Wednesday, 28 March 2018

Fahrenheit (Mega CD / Sega CD review)

Developer: Sega Studios
Publisher: Sega
Released: 1995

Fahrenheit is a Full Motion Video (FMV) game that was also released on the Sega 32X-CD in 1995.


As a graduate of the Fire Academy, your job across three missions is to rescue people from burning buildings, capture criminals and dispose of hazards. Neutralising hazards is crucial, as you're rewarded with additional oxygen. The gameplay consists of a first-person video stream as your character walks through buildings, and at points you can input your chosen path. In Mission 1, you navigate a house to locate a trapped girl and then find the exit. It's immediately apparent that many of the on-screen arrows don't correlate with the direction you move towards, and it's common to press Forward, only for the game to swing the camera to a side-door; basically, you're restricted to whatever footage was filmed, leading to disorientation! There's also trial-and-error where the game expects you to guess which one of three valves needs twisting to stop a gas leak. The fire effects are great, but despite the full screen FMV the quality is awful with heavy pixelation and compression artifacts that make it difficult to see what's happening; also, the audio is very scratchy. Mission 2 sees you searching a hotel to find an elderly lady and her pet bird; it's bigger in scope, but seriously confusing. The manual includes floor layouts, but in-game you only receive a text-based guide; this results in aimless wandering, and it doesn't help that the same FMV plays in different areas! Mission 3 takes place in the science blocks of a university where you capture a rampaging professor, defuse a bomb and shut off the power; navigating is a nightmare due to the gigantic maze layout, compounding all of the above problems even further.

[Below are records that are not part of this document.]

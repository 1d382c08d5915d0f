// What drawings show, and other drawings of the same molecule.
pub mod axes;
pub mod cumulenes;
pub mod directions;
pub mod geometry;
pub mod marking;
pub mod marks;
pub mod reflection;
pub mod renumbering;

Fahrenheit has some interesting ideas, but the FMV quality is terrible and in reality there's little to actually do thanks to the limited player interaction and mindless wandering. If you absolutely have to play this game choose the Sega 32X-CD version instead, as at least your eyes and ears will still function correctly afterwards!



Random trivia: The game's Executive Producer was Chris W. Bankston who worked on various other Mega CD titles including Prize Fighter (1994).